Biomimicry is the conscious emulation of nature’s genius. Emulation is more than making a copy, rather it is the inspiration and the adoption of the core concepts into our own context. For this to happen, we need to stop, observe, and reflect. This allows us to make the connects which are so often at the basis of discovery. For example, plants use CO2 as a resource for growth. Could humans adapt their processes to consume CO2 instead of generating it? Yes. Enter Brent Constanz, who was inspired by the way corals make reefs from the calcium carbonate in seawaters to invent a process to make cement in a biomimetic fashion, which involves running power-plant exhaust through seawater. This both pre-empts the production of CO2 from Portland cement AND sequesters 90% of the CO2 from the power-plant emissions. A win/win for people and planet.

Or how about the inspiration from the “lotus effect,” the super high water repellence of the leaves of a lotus flower. Seen under a microscope, the shape of the leaf’s surface is such that water stays shaped in droplets, and thus rolls off the leaf, taking any dirt along with it. This discovery has been applied to airplane coatings, safety lighting, and in the StoCoat Lotusan paint for exterior building coatings.

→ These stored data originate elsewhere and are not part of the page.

//! Reliable packets that are held.

ghost use Rattle.std.specs.Prelude.{◌≡◌, ◌≤◌, ◌<◌, ◌^◌, IsTrue, OnOk, OnErr, IfErr, Some, None, length};
ghost use Rattle.std.specs.Option.{IsSomeAnd, option_copied};
ghost use Rattle.std.specs.FinMap as map;
ghost use Rattle.enet_fragment.specs.PartialPacket.{belongs, piece_at, with_piece};
ghost use Rattle.enet_packets.specs.Packets.{bytes_of};
ghost use Rattle.enet_packets.specs.declared.incoming_packet.IncomingPacket.{IncomingPacket};

use crate::block::Block;
use crate::marking::{is_marked, mark, unmark};
use enet_codec::Refusal;
use enet_fragment::Place;
use enet_packets::{IncomingPacket, Packets};
use std::alloc::Global;
use std::marker::Model;

/// Packets by the numbers of their first pieces, with a mark for each number that has one: where a number isn't marked, no map is
/// looked into. The marks of a block of 4,096 numbers are made when the first of them is held, and given up with the last.
/// Contracts see it as a finite map.
#[derive(Drop)]
pub(crate) struct Held {
    alloc: Global,
    packets: Packets,
    blocks: Vec<Option<Block>>,
}

impl Model for Held {
    ghost use Rattle.std.specs.Ordering.{nat_cmp};
    ghost use Rattle.std.specs.FinMap.{FinMap};
    ghost use Rattle.enet_packets.specs.Codes.{packets_code};
    ghost use Rattle.enet_packets.specs.declared.incoming_packet.IncomingPacket.{IncomingPacket};
    ghost use Rattle.enet_receiver.specs.Blocks.{AreMarked};

    ghost Value = { FinMap nat_cmp IncomingPacket };

    ghost coded = { packets_code };

    ghost view = { λ h. h.packets };

    ghost invariant = { λ h. AreMarked h.blocks.items h.packets };
}

impl Held {
    /// No packets. It takes no memory.
    pub(crate) fn new(alloc: Global) -> Held
        ensures { result ≡ map.empty }
    {
        Held {
            alloc,
            packets: Packets::new(alloc),
            blocks: Vec::new(alloc),
        }
    }

    /// How many packets there are.
    pub(crate) fn len(&self) -> usize
        ensures len { result ≡ map.len self.now }
        ensures small { result ≤ 65536 }
    {
        self.packets.len()
    }

    /// The packets' bytes; each counts whole from its first piece on (ENet 1.3).
    pub(crate) fn bytes(&self) -> u64
        ensures bytes { result ≡ bytes_of self.now }
        ensures small { result < 2 ^ 48 }
    {
        self.packets.bytes()
    }

    /// The packet of this number, if there is one.
    pub(crate) fn get(&self, number: u16) -> Option<&IncomingPacket>
        ensures { option_copied result ≡ map.get self.now number }
    {
        if is_marked(&self.blocks, number) {
            self.packets.get(number)
        } else {
            None
        }
    }

    /// Adds a packet under a number that has none. `Refusal::Memory` changes nothing.
    pub(crate) fn insert(&mut self, number: u16, coming: IncomingPacket) -> Result<(), Refusal>
        requires absent { map.get self.old number ≡ None }
        ensures ok { OnOk result (self.new ≡ map.insert self.old number coming) }
        ensures err { OnErr result (self.new ≡ self.old) }
        ensures memory { IfErr result (λ why. why ≡ Refusal.Memory) }
    {
        if !mark(self.alloc, &mut self.blocks, number) {
            return Err(Refusal::Memory);
        }
        let put = self.packets.insert(number, coming);
        if put.is_err() {
            unmark(&mut self.blocks, number);
        }
        put
    }

    /// Adds a piece to the packet of this number, to which it belongs and in which it is missing. `Refusal::Memory` changes
    /// nothing.
    pub(crate) fn add(&mut self, number: u16, place: Place, bytes: &[u8]) -> Result<(), Refusal>
        requires fits { place.len ≡ length bytes.now }
        requires there { IsSomeAnd (map.get self.old number) (λ c. IsTrue (belongs c.making place) × (piece_at c.making place.number ≡ None)) }
        ensures ok { OnOk result ((c : IncomingPacket) → map.get self.old number ≡ Some c
            → self.new ≡ map.insert self.old number (record { flags = c.flags; making = with_piece c.making place bytes.now })) }
        ensures err { OnErr result (self.new ≡ self.old) }
        ensures memory { IfErr result (λ why. why ≡ Refusal.Memory) }
    {
        self.packets.add(number, place, bytes)
    }

    /// Takes the packet of this number out. None, with nothing changed, where there is none.
    pub(crate) fn remove(&mut self, number: u16) -> Option<IncomingPacket>
        ensures value { result ≡ map.get self.old number }
        ensures rest { self.new ≡ map.remove self.old number }
    {
        if !is_marked(&self.blocks, number) {
            return None;
        }
        unmark(&mut self.blocks, number);
        self.packets.remove(number)
    }

    /// Takes all packets out.
    pub(crate) fn clear(&mut self)
        ensures { self.new ≡ map.empty }
    {
        self.packets.clear();
        self.blocks.clear();
    }
}
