fn push_ended(
    text: &mut String,
    name: &str,
    acknowledged: usize,
    unseen: usize,
    left_open: usize,
) -> Result<(), AllocError>
    ensures { OnOk result (string_bytes text.new ≡ string_bytes text.old ++ ended_text name.now acknowledged unseen left_open) }
{
    write!(
        text,
        "  to the {name}: acknowledged {acknowledged}; no acknowledgement seen {unseen}; not acknowledged and not sent again {left_open}; "
    )
}

fn push_resent(text: &mut String, resent: usize, early: usize) -> Result<(), AllocError>
    ensures { OnOk result (string_bytes text.new ≡ string_bytes text.old ++ resent_text resent early) }
{
    write!(text, "sent again {resent}, too early {early}\n")
}

// How many that go one way acknowledge what is sent again all the same, where any do.
fn push_vain(text: &mut String, at: Option<Way>, way: Way, count: usize) -> Result<(), AllocError>
    ensures { OnOk result (string_bytes text.new ≡ string_bytes text.old ++ vain_text at way count) }
{
    if count == 0 {
        return Ok(());
    }
    push_vain_count(text, count, way_name(way), vain_words(at, way))
}

fn push_vain_count(
    text: &mut String,
    count: usize,
    name: &str,
    words: &str,
) -> Result<(), AllocError>
    ensures { OnOk result (string_bytes text.new ≡ string_bytes text.old ++ vain_line count name.now words.now) }
{
    write!(
        text,
        "  {count} to the {name} acknowledge what is sent again all the same: {words}\n"
    )
}

// How many that go one way were never delivered, where that is known of any.
fn push_lost(text: &mut String, name: &str, count: usize) -> Result<(), AllocError>
    ensures { OnOk result (string_bytes text.new ≡ string_bytes text.old ++ lost_text name.now count) }
{
    if count == 0 {
        return Ok(());
    }
    write!(text, "  {count} to the {name} never delivered\n")
}
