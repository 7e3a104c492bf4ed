//! The parts of a turn between which the service's own thread makes the orders.
ghost use Rattle.std.specs.Prelude.{◌≡◌, ◌+◌, List, Bool, Option, true, false, IfOk, IfErr, is_err};
ghost use Rattle.enet_codec.specs.declared.event.Event.{Event as Offered};
ghost use Rattle.enet_submit.specs.declared.order.Submission.{Submission as Item};
ghost use Rattle.enet_wire.specs.declared.told.Told.{Told as Call};
ghost use Rattle.enet_wire.specs.Wires.{also, unless_spent};
ghost use Rattle.enet_turn.specs.Phases.{Chain, Orders, EmitsAll};
ghost use Rattle.enet_turn.specs.LoneTurn.{Begins};
ghost use Rattle.enet_turn.specs.Counts.{count_of, given_in, came_in, went_in, lost_in, taken_in, stopped};

use crate::emitting::emit_all;
use crate::host::Core;
use crate::orders::take_orders;
use crate::receiving::receive_all;
use crate::report::{Fault, Report};
use crate::service::{Service, fault, report_of};
use crate::telling::{offer_again, tell_all};
use enet_bridge::{Sink, Source};
use enet_codec::Refusal;
use enet_wire::Wire;
use std::sync::Wait;

impl<H: Core> Service<H> {
    /// The first part of such a turn, and more than a reception: the tick; one offer of what waits, the refusal first; at most 256 datagrams in,
    /// through this buffer; and while no event of it waits, the host's events, of which this thread then makes the orders.
    ///
    /// E14 where the wire fails: no event is told then but what waited.
    pub fn receive<W: Wire, K: Sink, R: Wait>(
        &mut self,
        rt: &R,
        wire: &mut W,
        sink: &mut K,
        ms: u32,
        buf: &mut [u8; 4096],
    ) -> Result<Report, Fault>
        ensures begins { IfOk result (λ report. (came : List Call) × (puts : List (Offered × Bool))
            × Begins H.calls self.old ms came puts self.new false
            × (W.told wire.new ≡ also (W.told wire.old) (unless_spent (W.faults wire.old) came))
            × Chain (λ s x t. K.puts s x.0 x.1 t) sink.old puts sink.new
            × (report ≡ record { orders = 0; received = came_in came; sent = 0; lost = 0; events = stopped (taken_in puts) })) }
        ensures fails { IfErr result (λ fault. (came : List Call) × (puts : List (Offered × Bool))
            × Begins H.calls self.old ms came puts self.new true
            × (W.told wire.new ≡ also (W.told wire.old) (unless_spent (W.faults wire.old) came))
            × Chain (λ s x t. K.puts s x.0 x.1 t) sink.old puts sink.new
            × (fault.report ≡ record { orders = 0; received = came_in came; sent = 0; lost = 0; events = taken_in puts })) }
        ensures why { IfErr result (λ fault. fault.why ≡ Refusal.WireFault) }
        ensures faults { W.faults wire.new ≡ W.faults wire.old + count_of (is_err result) }
        ensures kept { W.kept wire.new ≡ W.kept wire.old }
    {
        self.host.tick(ms);
        let again = offer_again(rt, sink, &mut self.waiting);
        let heard = receive_all(&mut self.host, wire, buf);
        if heard.failed {
            return Err(fault(report_of(0, heard.received, 0, 0, again)));
        }
        let told = tell_all(rt, &mut self.host, &mut self.waiting, sink);
        let events = again.saturating_add(told);
        Ok(report_of(0, heard.received, 0, 0, events))
    }

    /// The second part, once or more often: while no refusal waits, at most 256 orders.
    pub fn apply_orders<S: Source, K: Sink, R: Wait>(
        &mut self,
        rt: &R,
        source: &mut S,
        sink: &mut K,
    ) -> Report
        ensures applies { (gave : List (Option Item)) × (puts : List (Offered × Bool))
            × Chain S.gives source.old gave source.new
            × Chain (λ s x t. K.puts s x.0 x.1 t) sink.old puts sink.new
            × Orders H.calls 256 self.old gave (record { service = self.new; puts = puts })
            × (result ≡ record { orders = given_in gave; received = 0; sent = 0; lost = 0; events = taken_in puts }) }
    {
        let (orders, events) = take_orders(rt, &mut self.host, &mut self.waiting, source, sink);
        report_of(orders, 0, 0, 0, events)
    }

    /// The last part: at most 256 datagrams out, through this buffer, and none after 16 that were lost or one whose send would block.
    ///
    /// E14 where the wire fails: the datagrams before went.
    pub fn emit<W: Wire>(&mut self, wire: &mut W, buf: &mut [u8; 4096]) -> Result<Report, Fault>
        ensures sends { IfOk result (λ report. (went : List Call)
            × EmitsAll H.calls 256 16 self.old.host went (record { host = self.new.host; failed = false })
            × (W.told wire.new ≡ also (W.told wire.old) (unless_spent (W.faults wire.old) went))
            × (report ≡ record { orders = 0; received = 0; sent = went_in went; lost = lost_in went; events = 0 })) }
        ensures fails { IfErr result (λ fault. (went : List Call)
            × EmitsAll H.calls 256 16 self.old.host went (record { host = self.new.host; failed = true })
            × (W.told wire.new ≡ also (W.told wire.old) (unless_spent (W.faults wire.old) went))
            × (fault.report ≡ record { orders = 0; received = 0; sent = went_in went; lost = lost_in went + 1; events = 0 })) }
        ensures waits { self.new.waiting ≡ self.old.waiting }
        ensures why { IfErr result (λ fault. fault.why ≡ Refusal.WireFault) }
        ensures faults { W.faults wire.new ≡ W.faults wire.old + count_of (is_err result) }
        ensures kept { W.kept wire.new ≡ W.kept wire.old }
    {
        let sent = emit_all(&mut self.host, wire, buf);
        let report = report_of(0, 0, sent.sent, sent.lost, 0);
        if sent.failed {
            return Err(fault(report));
        }
        Ok(report)
    }
}
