//! Datagrams that come.
ghost use Rattle.std.specs.Prelude.{◌≡◌, ◌+◌, List};
ghost use Rattle.enet_wire.specs.declared.told.Told.{Told as Call};
ghost use Rattle.enet_wire.specs.Wires.{also, unless_spent};
ghost use Rattle.enet_turn.specs.Phases.{ReceivesAll};
ghost use Rattle.enet_turn.specs.Counts.{came_in, count_of};

use crate::host::Core;
use enet_wire::{MOST_PER_TURN, Wire};

/// How many datagrams came, and whether the wire failed then.
#[derive(Clone, Copy)]
pub(crate) struct Heard {
    pub received: u32,
    pub failed: bool,
}

/// Receives until the wire gives none or fails, at most 256 datagrams. They pass through the buffer.
pub(crate) fn receive_all<H: Core, W: Wire>(
    host: &mut H,
    wire: &mut W,
    buf: &mut [u8; 4096],
) -> Heard
    ensures { (told : List Call) × (W.told wire.new ≡ also (W.told wire.old) (unless_spent (W.faults wire.old) told))
        × ReceivesAll H.calls 256 host.old told (record { host = host.new; failed = result.failed }) × (result.received ≡ came_in told)
        × (W.faults wire.new ≡ W.faults wire.old + count_of result.failed) × (W.kept wire.new ≡ W.kept wire.old) }
{
    let mut received = 0u32;
    for _datagram in 0..MOST_PER_TURN {
        match wire.recv(buf) {
            Ok(Some((from, len))) => {
                host.receive(from, &buf[..len]);
                received += 1;
            }
            Ok(None) => {
                return Heard {
                    received,
                    failed: false,
                };
            }
            Err(_) => {
                return Heard {
                    received,
                    failed: true,
                };
            }
        }
    }
    Heard {
        received,
        failed: false,
    }
}
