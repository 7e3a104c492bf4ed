//! What a turn or a run did.

use enet_codec::Refusal;

/// What was done: in a turn, or in all turns of a run. Each count stops at 4,294,967,295.
#[derive(Clone, Copy, Debug, PartialEq, Eq)]
pub struct Report {
    /// Orders taken from the source, refused ones too.
    pub orders: u32,
    /// Datagrams received.
    pub received: u32,
    /// Datagrams sent.
    pub sent: u32,
    /// Datagrams that were lost: their destination can't be reached, they were too long, their send would have blocked, or the wire
    /// failed.
    pub lost: u32,
    /// Events that the sink took.
    pub events: u32,
}

/// Turns ended early, after this work was done.
#[derive(Clone, Copy, Debug, PartialEq, Eq)]
pub struct Fault {
    /// Why. Of [`Service::turn`](crate::Service::turn) and [`run`](crate::run) it is E14.
    pub why: Refusal,
    pub report: Report,
}

impl Report {
    ghost use Rattle.std.specs.Prelude.{◌≡◌, ◌+◌};
    ghost use Rattle.enet_turn.specs.Counts.{stopped};

    /// Nothing was done.
    pub fn nothing() -> Report
        ensures { result ≡ record { orders = 0; received = 0; sent = 0; lost = 0; events = 0 } }
    {
        Report {
            orders: 0,
            received: 0,
            sent: 0,
            lost: 0,
            events: 0,
        }
    }

    /// What both did together.
    pub fn and(self, other: Report) -> Report
        ensures { result ≡ record { orders = stopped (self.orders + other.orders); received = stopped (self.received + other.received); sent = stopped (self.sent + other.sent); lost = stopped (self.lost + other.lost); events = stopped (self.events + other.events) } }
    {
        Report {
            orders: self.orders.saturating_add(other.orders),
            received: self.received.saturating_add(other.received),
            sent: self.sent.saturating_add(other.sent),
            lost: self.lost.saturating_add(other.lost),
            events: self.events.saturating_add(other.events),
        }
    }
}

Biomimicry is making some amazing inroads in the discovery of nature-tested forms, like the lotus, and processes like the coral reef. Yet the construction industry might yet have the greatest opportunity to learn from the biomimicry of the whole system. For example, the other aspect of the Calera Company’s CO2 to carbonate process is that is links the waste from one industry (power plants) to a resource within another industry. This is how the ecosystem works.

Myoculture - Phil Ross

This system’s approach might be within one area, such as a hybrid chiller/boiler system which captures the heat from one side of the process for re-use in the other. Or capturing the heat from waste water for incoming water preheat. It could be waste from local food sources (e.g. rice husks), which are grown to create insulation for buildings, and perhaps waste water from the building to feed into wetlands and grow rice. The system could refer the capturing of heat for greenhouses, to produce food for a restaurant, which provides compost for the vermiculture, which provides soil for the plants.

Biomimicry helps us to recognize nature as a model, a mentor, and a measure. It offers an enlightened opportunity to bring together technology and sustainability. Perhaps this time the world is ready.